SPR can be used to detect differences in the adhesive interactions of ECs to model extracellular matrix proteins. In this regard, cell attachment to surfaces and spreading are two distinct, independent events. Therefore, it is important to test the adhesive bond mechanically under shear, or by the introduction of osmotic pressure to measure the strength of adhesion. Surfaces where cells are more spread out will show greater decreases in SPR signal as cells shrink and become crenated. Figure 3.a shows the reference subtracted curve (Left-Right channel) for the hyperosmolar response of ECs after allowing cell spreading for 3 hours on the left channel. The right channel had only immobilized protein: collagen 1 or Matrigel. The decrease in SPR signal after the initial bulk shift is indicative of cell membrane retraction. Collagen 1 showed a signal decrease of ~5000 μRIU compared to a change < 1000 μRIU for Matrigel, suggesting that cell spreading is greater on stromal collagen 1. Reintroduction of isotonic HEPES allowed for SPR signal recovery. Subsequent hyperosmolar mannitol shock shows that the phenomenon can be repeated in a cyclical manner and that the cells do not fully recover each time as judged by the slope of the decreasing SPR signal becoming less negative each time.

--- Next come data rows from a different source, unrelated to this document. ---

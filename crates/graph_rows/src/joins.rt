//! Joined wires, by parts of them.
//!
//! - `joins 4 4 4`: the widths of the wires. `join 2.1.2 0.2.2 => joined` joins parts of a wire to parts of wires below it, or says that
//!   they are taken; `first 2.0.4 => 2.3.1,0.2.2,2.0.1` are the first bits that those are joined to.
//!   `rising 1000` joins each of so many wires to the one before it, the first of them first, and `falling` the last of them first;
//!   `leading` is how many wires lead to the first.
//! - `cut`: `unite 1.4.4,1.0.4 => 1.0.8` unites parts that adjoin, `slice 1.4.4 3 1 => 1.7.1` cuts bits out, from that bit on and so many,
//!   and `concat 1.4.4 0.0.4` puts parts together, and `copy 1.4.4` copies them.

ghost use Rattle.std.specs.Prelude.{◌≡◌, ◌≤◌, All, IsTrue};
ghost use Rattle.lhs_alias.specs.Joined.{widths_of};

use crate::parts::{parts_of, put_parts};
use case_rows::{
    Fault, Judge, Report, each_row, first_named, part, put, put_number, size, size_at, small, word,
    words_from,
};
use items::both;
use lhs_alias::{Joins, Lhs, Seg};
use std::alloc::Global;

#[derive(Clone, Copy)]
enum Call {
    Join,
    First,
    Rising,
    Falling,
    Leading,
}

static CALLS: [(&[u8], Call); 5] = [
    (b"join", Call::Join),
    (b"first", Call::First),
    (b"rising", Call::Rising),
    (b"falling", Call::Falling),
    (b"leading", Call::Leading),
];

// Joins over wires whose widths are at hand.
#[derive(Drop)]
struct Board {
    alloc: Global,
    widths: Vec<u8>,
    joins: Joins,
    ghost same: { widths_of joins ≡ widths.items },
}

// Whether a wire has some bits, and not too many.
fn are_widths(widths: &[u8]) -> bool
    ensures { IsTrue result → All (λ width. (1 ≤ width) × (width ≤ 128)) widths.now }
{
    widths.iter().all(|width| 1 <= *width && *width <= 128)
}

fn board_of(alloc: Global, widths: Vec<u8>) -> Result<Board, Fault> {
    if !are_widths(&widths) {
        return Err(Fault::Form);
    }
    let joins = Joins::new(alloc, &widths)?;
    Ok(Board {
        alloc,
        joins,
        widths,
    })
}

impl Board {
    // Whether they were joined, and not taken.
    fn unite(&mut self, child: &Lhs, parent: &Lhs) -> Result<bool, Fault> {
        if !child.lies_in(&self.widths) || !parent.lies_in(&self.widths) {
            return Err(Fault::Form);
        }
        if !child.falls_to(parent) {
            return Err(Fault::Form);
        }
        Ok(self.joins.join(child, parent).is_ok())
    }

    // The first bits of those.
    fn first(&self, of: &Lhs) -> Result<Lhs, Fault> {
        if !of.lies_in(&self.widths) {
            return Err(Fault::Form);
        }
        let first = self.joins.canon(of)?;
        Ok(first)
    }

    fn join(&mut self, child: &[u8], parent: &[u8]) -> Result<bool, Fault> {
        let child = parts_of(self.alloc, child)?;
        let (child, parent) = both(child, parts_of(self.alloc, parent))?;
        self.unite(&child, &parent)
    }
}

// One bit of a wire.
fn bit(alloc: Global, wire: usize) -> Result<Lhs, Fault> {
    let seg = Seg {
        wire,
        lo: 0,
        width: 1,
    };
    let segs = vec![in alloc; seg; 1]?;
    Ok(Lhs::from_vec(segs))
}

fn is_first(of: &Lhs) -> bool {
    match of.segs() {
        [seg] => seg.wire == 0 && seg.lo == 0 && seg.width == 1,
        _ => false,
    }
}

impl Board {
    // Joins a wire to the one before it.
    fn step(&mut self, wire: usize) -> Result<bool, Fault> {
        let child = bit(self.alloc, wire)?;
        let (child, parent) = both(child, bit(self.alloc, wire.saturating_sub(1)))?;
        self.unite(&child, &parent)
    }

    fn leads(&self, wire: usize) -> Result<bool, Fault> {
        let of = bit(self.alloc, wire)?;
        let first = self.first(&of);
        let (_, first) = both(of, first)?;
        Ok(is_first(&first))
    }

    // How many of the wires lead to the first.
    fn say_leading(&self, said: &mut Vec<u8>) -> Result<(), Fault> {
        let mut leading: u64 = 0;
        for wire in 0..self.widths.len() {
            if self.leads(wire)? {
                leading = leading.saturating_add(1);
            }
        }
        put_number(said, leading)
    }

    // Joins each wire to the one before it, the first or the last of them first.
    fn link(&mut self, question: &[u8], rising: bool) -> Result<(), Fault> {
        let joins = size_at(question, 1)?;
        for k in 0..joins {
            let wire = if rising {
                k.saturating_add(1)
            } else {
                joins - k
            };
            if !self.step(wire)? {
                return Err(Fault::Form);
            }
        }
        Ok(())
    }

    fn say(&mut self, question: &[u8], said: &mut Vec<u8>) -> Result<(), Fault> {
        match first_named(&CALLS, question)? {
            Call::Join => self.say_join(question, said),
            Call::First => self.say_first(word(question, 1), said),
            Call::Rising => self.link(question, true),
            Call::Falling => self.link(question, false),
            Call::Leading => self.say_leading(said),
        }
    }

    fn say_join(&mut self, question: &[u8], said: &mut Vec<u8>) -> Result<(), Fault> {
        let joined = self.join(word(question, 1), word(question, 2))?;
        put(said, if joined { b"joined" } else { b"taken" })
    }

    fn say_first(&self, of: &[u8], said: &mut Vec<u8>) -> Result<(), Fault> {
        let of = parts_of(self.alloc, of)?;
        let first = self.first(&of);
        let (_, first) = both(of, first)?;
        put_parts(said, &first)
    }
}

impl Judge for Board {
    fn row(&mut self, question: &[u8], _wanted: &[u8], said: &mut Vec<u8>) -> Result<(), Fault> {
        self.say(question, said)
    }
}

// The widths of words; `1*1001` is a width so many times.
fn put_all_widths(widths: &mut Vec<u8>, words: &[u8]) -> Result<(), Fault> {
    for word in words.split(|c| *c == b' ') {
        put_widths(widths, word)?;
    }
    Ok(())
}

fn board_of_words(alloc: Global, words: &[u8]) -> Result<Board, Fault> {
    let mut widths = Vec::new(alloc);
    put_all_widths(&mut widths, words)?;
    board_of(alloc, widths)
}

fn put_widths(widths: &mut Vec<u8>, word: &[u8]) -> Result<(), Fault> {
    let width = small(part(word, b'*', 0)).ok_or(Fault::Form)?;
    let times = part(word, b'*', 1);
    let times = if times.is_empty() { 1 } else { size(times)? };
    for _ in 0..times {
        widths.push(width)?;
    }
    Ok(())
}

pub fn judge_joins(
    alloc: Global,
    line: &[u8],
    block: &[u8],
    report: &mut Report,
) -> Result<(), Fault> {
    let mut board = board_of_words(alloc, words_from(line, 1))?;
    each_row(&mut board, block, report)
}

#[derive(Drop)]
pub struct Cut {
    pub alloc: Global,
}

// The wires that parts to be cut lie in.
static WIRES: [u8; 2] = [16, 16];

fn normal(of: &Lhs) -> Result<Lhs, Fault> {
    if !of.lies_in(&WIRES) {
        return Err(Fault::Form);
    }
    let normal = of.normal()?;
    Ok(normal)
}

// A range of bits of at most a hundred parts.
#[tactic(auto, using(lhs_alias::proofs::Lying::lengths))]
fn slice(of: &Lhs, lo: usize, width: usize) -> Result<Lhs, Fault> {
    if !of.lies_in(&WIRES) || of.segs().len() > 100 {
        return Err(Fault::Form);
    }
    let bits = of.bits();
    if lo > bits || width > bits - lo {
        return Err(Fault::Form);
    }
    let slice = of.slice(lo, width)?;
    Ok(slice)
}

fn slice_at(of: &Lhs, question: &[u8]) -> Result<Lhs, Fault> {
    let lo = size_at(question, 2)?;
    slice(of, lo, size_at(question, 3)?)
}

fn concat(alloc: Global, high: &Lhs, low: &[u8]) -> Result<Lhs, Fault> {
    let low = parts_of(alloc, low)?;
    let both = high.concat(&low)?;
    Ok(both)
}

fn copy(of: &Lhs) -> Result<Lhs, Fault> {
    let copy = of.copy()?;
    Ok(copy)
}

#[derive(Clone, Copy)]
enum Way {
    Unite,
    Slice,
    Concat,
    Copy,
}

static WAYS: [(&[u8], Way); 4] = [
    (b"unite", Way::Unite),
    (b"slice", Way::Slice),
    (b"concat", Way::Concat),
    (b"copy", Way::Copy),
];

impl Cut {
    fn made(&self, question: &[u8], of: &Lhs) -> Result<Lhs, Fault> {
        match first_named(&WAYS, question)? {
            Way::Unite => normal(of),
            Way::Slice => slice_at(of, question),
            Way::Concat => concat(self.alloc, of, word(question, 2)),
            Way::Copy => copy(of),
        }
    }
}

impl Judge for Cut {
    fn row(&mut self, question: &[u8], _wanted: &[u8], said: &mut Vec<u8>) -> Result<(), Fault> {
        let of = parts_of(self.alloc, word(question, 1))?;
        let made = self.made(question, &of);
        let (_, made) = both(of, made)?;
        put_parts(said, &made)
    }
}
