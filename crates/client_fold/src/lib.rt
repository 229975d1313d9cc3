//! One client: what it takes of its stream, and what it tells the stream's senders.
#![tactic(auto)]

pub mod client;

Using EQ. 1 we calculated the approximate Young’s modulus of adhesion (E) of the cells to the substrate by measuring the difference in cell diameter before (d0) and after (Δd = df-d0) hyperosmolar shock (data in Fig 3.b), where R is the gas constant and T is the temperature in Kelvins [1].

E=ΔΠ/(Δd/d_0 )=(RTC_mannitol)/(Δd/d_0 ) EQ. 1

We found that Young’s modulus of adhesion to Matrigel was ~.5 MPa, while the strength of adhesion to collagen 1 was ~2 MPa, 4 times greater. These values are in the range of those found using atomic force microscopy (AFM) [1, 2]. These calculated differences correlated well with the SPR signal decrease which was about 5 times greater for Collagen 1 than Matrigel. Overall, these AFM observations are consistent with the measured SPR signal.


SPR is a versatile technique for quantifying the adhesive interaction of cells with model proteins. It enables the measurement of the relative strength of adhesive bonds, response to osmotic shock and related temporal data. Cell based SPR studies thus have enormous potential for medicine and biotechnology. In comparison to other competing technologies like atomic force microscopy, SPR measurements are more straightforward and costeffective and the measurements reflect the behavior of the average cell in a cell population (rather than individual cells). Reichert SPR systems provide the means to obtain these quantitative measurements by enabling ready manipulation of cell capture flow rates, detachment kinetics under defined shear stress, and studies of osmotic pressure perturbation. The studies show that EC adhesive interactions are greater with stromal collagen 1 proteins compared to Matrigel. These data are useful for the design of bioengineering strategies to study angiogenesis.

Future Work

Integration of SPR with microscopy for simultaneous morphometric measurement of cell membrane-surface interaction will be helpful. Use of the Reichert quartz window flow cell for this research can further enable a wide variety of cell based studies.


[1] W. Wang, S. Wang, Q. Liu, J. Wu, N. Tao, Mapping single-cell-substrate interactions by surface plasmon resonance microscopy, Langmuir : the ACS journal of surfaces and colloids, 28 (2012) 13373-13379.

[2] V. Lulevich, C.C. Zimmer, H.S. Hong, L.W. Jin, G.Y. Liu, Single-cell mechanics provides a sensitive and quantitative means for probing amyloid-beta peptide and neuronal cell interactions, Proceedings of the National Academy of Sciences of the United States of America, 107 (2010) 13872-13877.